Geschiedenis

Chinees-Japanse oorlog begon 75 jaar geleden

„In het ziekenhuis werden verbanden van schreeuwende mannen afgetrokken die vervolgens met zwaarden en bajonetten werden vermoord. Eind december waren er meer dan twintigduizend burgers in de dienstplichtige leeftijd afgeslacht. Minstens twintigduizend jonge vrouwen en meisjes waren verkracht, vermoord en afgrijselijk verminkt. Meer dan 200.000 burgers, misschien wel 300.000, waren doelloos omgebracht.”

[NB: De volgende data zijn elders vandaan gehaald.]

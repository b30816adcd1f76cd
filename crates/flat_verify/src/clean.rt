//! Where it comes from that the value is untainted which a step sets.
ghost use Rattle.std.specs.Prelude.{◌≡◌, ◌≤◌, ◌<◌, ◌+◌, ◌==◌, ◌||◌, ◌&&◌, map};
ghost use Rattle.size_table.specs.Blocks.{end_of};
ghost use Rattle.flat_code.specs.CodeViews.{step_of};
ghost use Rattle.flat_discipline.specs.Facts.{lies_in, held_if, reach_past, is_masked, element, sum_of, clean_of};
ghost use Rattle.flat_discipline.specs.Facts.Source.{Gone};
ghost use Rattle.flat_verify.specs.Hints.{here_of, guard_written, origin_written};
ghost use Rattle.flat_verify.specs.Views.{setting_for, source_of, block_of, AreSmall};

use crate::facts::{Fact, GlobalBlock, Source};
use crate::hints::{Hints, Limit, SetBy, origin_at};
use bb_words::steps::ArithOp;
use flat_code::code::{FlatFunction, FlatStep};

fn end_of(block: GlobalBlock) -> u64
    requires { block.exponent ≤ 24 }
    ensures { result ≡ end_of (block_of block) }
{
    u64::from(block.base) + (1u64 << block.exponent)
}

fn lies_in(globals: &[GlobalBlock], x: u32) -> bool
    requires { AreSmall globals.now }
    ensures { result ≡ lies_in (map block_of globals.now) x }
{
    match globals {
        [] => false,
        [first, rest @ ..] => {
            (first.base <= x && u64::from(x) < end_of(*first)) || lies_in(rest, x)
        }
    }
}

fn reach_past(globals: &[GlobalBlock], x: u64) -> bool
    requires { AreSmall globals.now }
    ensures { result ≡ reach_past (map block_of globals.now) x }
{
    match globals {
        [] => false,
        [first, rest @ ..] => x < end_of(*first) || reach_past(rest, x),
    }
}

// A base and a mask whose sum stays in the frame or below the end of the global objects.
fn is_masked(
    globals: &[GlobalBlock],
    functions: &[FlatFunction],
    function: &FlatFunction,
    base: SetBy,
    mask: SetBy,
) -> bool
    requires { AreSmall globals.now }
    ensures { result ≡ is_masked (setting_for globals.now functions.now function.now) (origin_written base) (origin_written mask) }
{
    match mask {
        SetBy::AtMost(m) => match base {
            SetBy::InFrame(o) => u64::from(o) + u64::from(m) < u64::from(function.frame),
            SetBy::Constant(b) => {
                lies_in(globals, b) && reach_past(globals, u64::from(b) + u64::from(m))
            }
            _ => false,
        },
        _ => false,
    }
}

fn element(guard: Option<Limit>, pointer: u32, index: u32) -> Source
    ensures { source_of result ≡ element (guard_written guard) pointer index }
{
    match guard {
        Some(limit) => {
            if index == limit.index {
                Source::From(Fact::Spanned(pointer, limit.count))
            } else {
                Source::Gone
            }
        }
        None => Source::Gone,
    }
}

fn sum_of(
    globals: &[GlobalBlock],
    functions: &[FlatFunction],
    function: &FlatFunction,
    told: &Hints,
    op: ArithOp,
    left: u32,
    right: u32,
) -> Source
    requires { AreSmall globals.now }
    ensures { source_of result ≡ sum_of (setting_for globals.now functions.now function.now) (here_of told.now) op left right }
{
    match op {
        ArithOp::Add => {
            let base = origin_at(&told.origins, left);
            let mask = origin_at(&told.origins, right);
            if is_masked(globals, functions, function, base, mask) {
                Source::Held
            } else {
                element(told.guard, left, right)
            }
        }
        _ => Source::Gone,
    }
}

fn of_number(globals: &[GlobalBlock], value: u32) -> Source
    requires { AreSmall globals.now }
    ensures { source_of result ≡ held_if ((value == 0) || lies_in (map block_of globals.now) value) Gone }
{
    if value == 0 || lies_in(globals, value) {
        Source::Held
    } else {
        Source::Gone
    }
}

/// Where it comes from that the value is untainted which the step sets.
#[tactic(auto, using(flat_code::proofs::CodeViewed::flat_views))]
pub(crate) fn clean_of(
    globals: &[GlobalBlock],
    functions: &[FlatFunction],
    function: &FlatFunction,
    told: &Hints,
    step: &FlatStep,
) -> Source
    requires { AreSmall globals.now }
    ensures { source_of result ≡ clean_of (setting_for globals.now functions.now function.now) (here_of told.now) (step_of step.now) }
{
    match step {
        FlatStep::Number { to: _, value } => of_number(globals, value.0),
        FlatStep::Same { to: _, from } => Source::From(Fact::Clean(*from)),
        FlatStep::Arith {
            to: _,
            op,
            left,
            right,
        } => sum_of(globals, functions, function, told, *op, *left, *right),
        FlatStep::FrameAt { to: _, offset: _ } => Source::Held,
        FlatStep::Call {
            to: _,
            function: callee,
            args: _,
        } => Source::FromCall(*callee),
        FlatStep::Env {
            to: _,
            call,
            a: _,
            b: _,
        } => {
            if *call == 4 {
                Source::Held
            } else {
                Source::Gone
            }
        }
        _ => Source::Gone,
    }
}
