//! The ways on which facts go in a function, in the order of its items.
ghost use Rattle.std.specs.Prelude.{◌≡◌, ◌+◌, ◌∷◌, ◌++◌, map, IfOk, OnOk};
ghost use Rattle.flat_code.specs.CodeViews.{step_of};
ghost use Rattle.flat_discipline.specs.Items.{first_place};
ghost use Rattle.flat_discipline.specs.Items.Item.{Plain};
ghost use Rattle.flat_discipline.specs.Facts.{untold, here_after};
ghost use Rattle.flat_verify.specs.Effects.{effect};
ghost use Rattle.flat_verify.specs.Effects.Effect.{KeepsFacts};
ghost use Rattle.flat_discipline.specs.Chains.{leading, leads};
ghost use Rattle.flat_discipline.specs.Chains as chain;
ghost use Rattle.flat_verify.specs.ItemViews.{as_item, as_items};
ghost use Rattle.flat_verify.specs.Links.{goes, hands_out, links_all};
ghost use Rattle.flat_verify.specs.Links as link;
ghost use Rattle.flat_verify.specs.Links.Link.{Goes};
ghost use Rattle.flat_verify.specs.Settings.{setting_of};
ghost use Rattle.flat_verify.specs.Hints.{here_of};
ghost use Rattle.flat_verify.specs.Views.{effect_of, link_of, AreSmall};

use crate::clean::clean_of;
use crate::demands::places_sum;
use crate::facts::{Effect, Link};
use crate::hints::{Hints, branch, tell, untold};
use crate::items::{FlatItem, all_places, first_place, places};
use crate::setting::Setting;
use crate::sheets::NoMemory;
use crate::steps::{copied, may_end, sets};
use flat_code::code::FlatStep;
use std::alloc::Global;

// What a plain step does to facts.
fn step_effect(setting: &Setting, told: &Hints, step: &FlatStep) -> Effect
    requires { AreSmall setting.now.globals.now }
    ensures { effect_of result ≡ effect (setting_of setting.now) (here_of told.now) (Plain (step_of step.now)) }
{
    match sets(step) {
        Some(to) => Effect::Sets {
            to,
            clean: clean_of(
                setting.globals,
                setting.functions,
                setting.function,
                told,
                step,
            ),
            ends: may_end(step),
        },
        None => Effect::KeepsFacts,
    }
}

// What an Exit of so many levels leads to.
fn exit_of(exits: &[u32], levels: u32) -> Option<u32>
    ensures { result ≡ chain.exit_of exits.now levels }
{
    if levels == 0 {
        return None;
    }
    let n = levels as usize - 1;
    if n < exits.len() {
        Some(exits[n])
    } else {
        None
    }
}

// The place to which a plain step leads, if it leads to one.
#[tactic(auto, using(flat_code::proofs::CodeViewed::flat_views))]
fn next_of(step: &FlatStep, after: u32, exits: &[u32]) -> Option<u32>
    ensures { result ≡ leads (leading (step_of step.now)) after exits.now }
{
    match step {
        FlatStep::Exit { levels } => exit_of(exits, *levels),
        FlatStep::Return { from: _ } => None,
        _ => Some(after),
    }
}

fn push_goes(
    effect: Effect,
    from: u32,
    to: Option<u32>,
    links: &mut Vec<Link>,
) -> Result<(), NoMemory>
    ensures { OnOk result (map link_of links.new.items ≡ map link_of links.old.items ++ goes (effect_of effect) from to) }
{
    match to {
        Some(to) => {
            links.push(Link::Goes { effect, from, to })?;
            Ok(())
        }
        None => Ok(()),
    }
}

// What a step hands to other functions.
#[tactic(auto, using(flat_code::proofs::CodeViewed::flat_views))]
fn push_hands_out(
    alloc: Global,
    step: &FlatStep,
    place: u32,
    links: &mut Vec<Link>,
) -> Result<(), NoMemory>
    ensures { OnOk result (map link_of links.new.items ≡ map link_of links.old.items ++ hands_out (step_of step.now) place) }
{
    match step {
        FlatStep::Call {
            to: _,
            function,
            args,
        } => {
            let args = copied(alloc, args)?;
            links.push(Link::Passes {
                from: place,
                function: *function,
                args,
            })?;
            Ok(())
        }
        FlatStep::Return { from } => {
            links.push(Link::Returns {
                from: place,
                value: *from,
            })?;
            Ok(())
        }
        _ => Ok(()),
    }
}

// The links of a plain step.
fn push_plain(
    alloc: Global,
    setting: &Setting,
    told: &Hints,
    exits: &[u32],
    step: &FlatStep,
    place: u32,
    after: u32,
    links: &mut Vec<Link>,
) -> Result<(), NoMemory>
    requires { AreSmall setting.now.globals.now }
    ensures { OnOk result (map link_of links.new.items ≡ map link_of links.old.items
        ++ link.links setting.now.exponent (setting_of setting.now) (here_of told.now) (Plain (step_of step.now)) place after exits.now) }
{
    let effect = step_effect(setting, told, step);
    push_goes(effect, place, next_of(step, after, exits), links)?;
    push_hands_out(alloc, step, place, links)?;
    Ok(())
}

// The exits inside a construct that leads to a place when it is left.
fn within(alloc: Global, after: u32, exits: &[u32]) -> Result<Vec<u32>, NoMemory>
    ensures { IfOk result (λ v. v.items ≡ after ∷ exits.now) }
{
    let mut around = Vec::new(alloc);
    around.push(after)?;
    around.extend_from_slice(exits)?;
    Ok(around)
}

// What is told behind an item.
#[tactic(auto, using(crate::proofs::ItemViewed::item_views))]
fn here_after(alloc: Global, told: &mut Hints, item: &FlatItem) -> Result<(), NoMemory>
    ensures { OnOk result (here_of told.new ≡ here_after (as_item item.now) (here_of told.old)) }
{
    match item {
        FlatItem::Plain { step } => {
            tell(told, step)?;
            Ok(())
        }
        FlatItem::Checks { sequence: _ }
        | FlatItem::If {
            cond: _,
            yes: _,
            no: _,
        }
        | FlatItem::Block { body: _ }
        | FlatItem::Loop { body: _ }
        | FlatItem::Inner { body: _ } => {
            *told = untold(alloc);
            Ok(())
        }
    }
}

// The links of an item, with those of the items in it.
#[cycle(links)]
#[tactic(auto, using(crate::proofs::ItemViewed::item_views, crate::proofs::ItemWalk::item_places))]
fn push_links(
    alloc: Global,
    setting: &Setting,
    told: &Hints,
    exits: &[u32],
    item: &FlatItem,
    place: u32,
    after: u32,
    links: &mut Vec<Link>,
) -> Result<(), NoMemory>
    requires { AreSmall setting.now.globals.now }
    ensures { OnOk result (map link_of links.new.items ≡ map link_of links.old.items
        ++ link.links setting.now.exponent (setting_of setting.now) (here_of told.now) (as_item item.now) place after exits.now) }
{
    match item {
        FlatItem::Plain { step } => {
            push_plain(alloc, setting, told, exits, step, place, after, links)?;
            Ok(())
        }
        FlatItem::Checks { sequence } => {
            push_goes(Effect::Checks(*sequence), place, Some(after), links)?;
            Ok(())
        }
        FlatItem::If { cond, yes, no } => {
            let first = places_sum(place, 1)?;
            let size = all_places(yes)?;
            let second = places_sum(first, size)?;
            let to_yes = first_place(yes, 0, first, after);
            push_goes(Effect::KeepsFacts, place, Some(to_yes), links)?;
            let to_no = first_place(no, 0, second, after);
            push_goes(Effect::KeepsFacts, place, Some(to_no), links)?;
            let inside = branch(alloc, told, *cond);
            push_links_all(alloc, setting, inside, exits, yes, first, after, links)?;
            let untold = untold(alloc);
            push_links_all(alloc, setting, untold, exits, no, second, after, links)?;
            Ok(())
        }
        FlatItem::Block { body } => {
            let around = within(alloc, after, exits)?;
            push_body(alloc, setting, &around, body, place, after, links)?;
            Ok(())
        }
        FlatItem::Loop { body } => {
            let around = within(alloc, after, exits)?;
            push_body(alloc, setting, &around, body, place, place, links)?;
            Ok(())
        }
        FlatItem::Inner { body } => {
            let around = within(alloc, after, exits)?;
            push_body(alloc, setting, &around, body, place, place, links)?;
            Ok(())
        }
    }
}

// What leads from the construct at a place to its items, and their links.
#[cycle(links)]
#[tactic(auto, using(crate::proofs::ItemViewed::item_views, crate::proofs::ItemWalk::item_places))]
fn push_body(
    alloc: Global,
    setting: &Setting,
    exits: &[u32],
    body: &[FlatItem],
    place: u32,
    after: u32,
    links: &mut Vec<Link>,
) -> Result<(), NoMemory>
    requires { AreSmall setting.now.globals.now }
    ensures { OnOk result (map link_of links.new.items ≡ map link_of links.old.items
        ++ (Goes KeepsFacts place (first_place (as_items body.now) (place + 1) after)
        ∷ links_all setting.now.exponent (setting_of setting.now) untold (as_items body.now) (place + 1) after exits.now)) }
{
    let first = places_sum(place, 1)?;
    let to = first_place(body, 0, first, after);
    push_goes(Effect::KeepsFacts, place, Some(to), links)?;
    let told = untold(alloc);
    push_links_all(alloc, setting, told, exits, body, first, after, links)?;
    Ok(())
}

/// The links of items that stand from a place on, before place `after`, in constructs with these exits.
#[cycle(links)]
#[tactic(auto, using(crate::proofs::ItemViewed::item_views, crate::proofs::ItemWalk::item_places))]
pub(crate) fn push_links_all(
    alloc: Global,
    setting: &Setting,
    told: Hints,
    exits: &[u32],
    items: &[FlatItem],
    place: u32,
    after: u32,
    links: &mut Vec<Link>,
) -> Result<(), NoMemory>
    requires { AreSmall setting.now.globals.now }
    ensures { OnOk result (map link_of links.new.items ≡ map link_of links.old.items
        ++ links_all setting.now.exponent (setting_of setting.now) (here_of told) (as_items items.now) place after exits.now) }
{
    let mut told = told;
    let mut next = place;
    for (i, item) in items.iter().enumerate() {
        let size = places(item)?;
        let behind = places_sum(next, size)?;
        let to = first_place(items, i + 1, behind, after);
        push_links(alloc, setting, &told, exits, item, next, to, links)?;
        here_after(alloc, &mut told, item)?;
        next = behind;
    }
    Ok(())
}
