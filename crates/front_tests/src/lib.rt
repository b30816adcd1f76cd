//! Tests of the layers that read C, apart from their crates, so that the proofs there are checked once.
#![tactic(auto)]

#[cfg(test)]
mod files;
#[cfg(test)]
mod rules;
#[cfg(test)]
mod tokens;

7 July 2012 19:10Gewijzigd op 14 November 2020 22:02
Japanse troepen trekken Peiping (het huidige Peking) binnen, nadat op 7 juli 1937 de Chinees-Japanse oorlog was uitgebroken. Foto Hist. Images
Japanse troepen trekken Peiping (het huidige Peking) binnen, nadat op 7 juli 1937 de Chinees-Japanse oorlog was uitgebroken. Foto Hist. Images

Ziehier een citaat van de Amerikaanse militair attaché Frank Dorn vanuit Nanking, waarin hij beschrijft hoe Japanse soldaten in deze stad huishouden, nadat de Chinese troepen er waren vertrokken (Dorn wordt geciteerd door de Britse hoogleraar sinologie Jonathan Spence in zijn boek ”De eeuw van China”).

De ”verkrachting van Nanking” die duurde van 1 december 1937 tot de eerste week van januari in 1938, staat symbool voor de verschrikkingen in wat de tweede Chinees-Japanse oorlog wordt genoemd en die duurde van 1937 tot en met 1945. Zaterdag was het precies 75 jaar geleden dat deze oorlog uitbrak.

Dat gebeurde op 7 juli 1937 met een schijnbaar onbetekenend incident, dat bekend is geworden als „het incident bij de Marco Polobrug” en waarbij de Japanse militaire top bewust een aanleiding zocht om tot de aanval over te gaan.

Dát het imperialistische keizerrijk Japan een bedreiging was voor China was aan het eind van de 19e eeuw al bekend en met de bezetting van Mantsoerije in 1932 nog meer realiteit geworden.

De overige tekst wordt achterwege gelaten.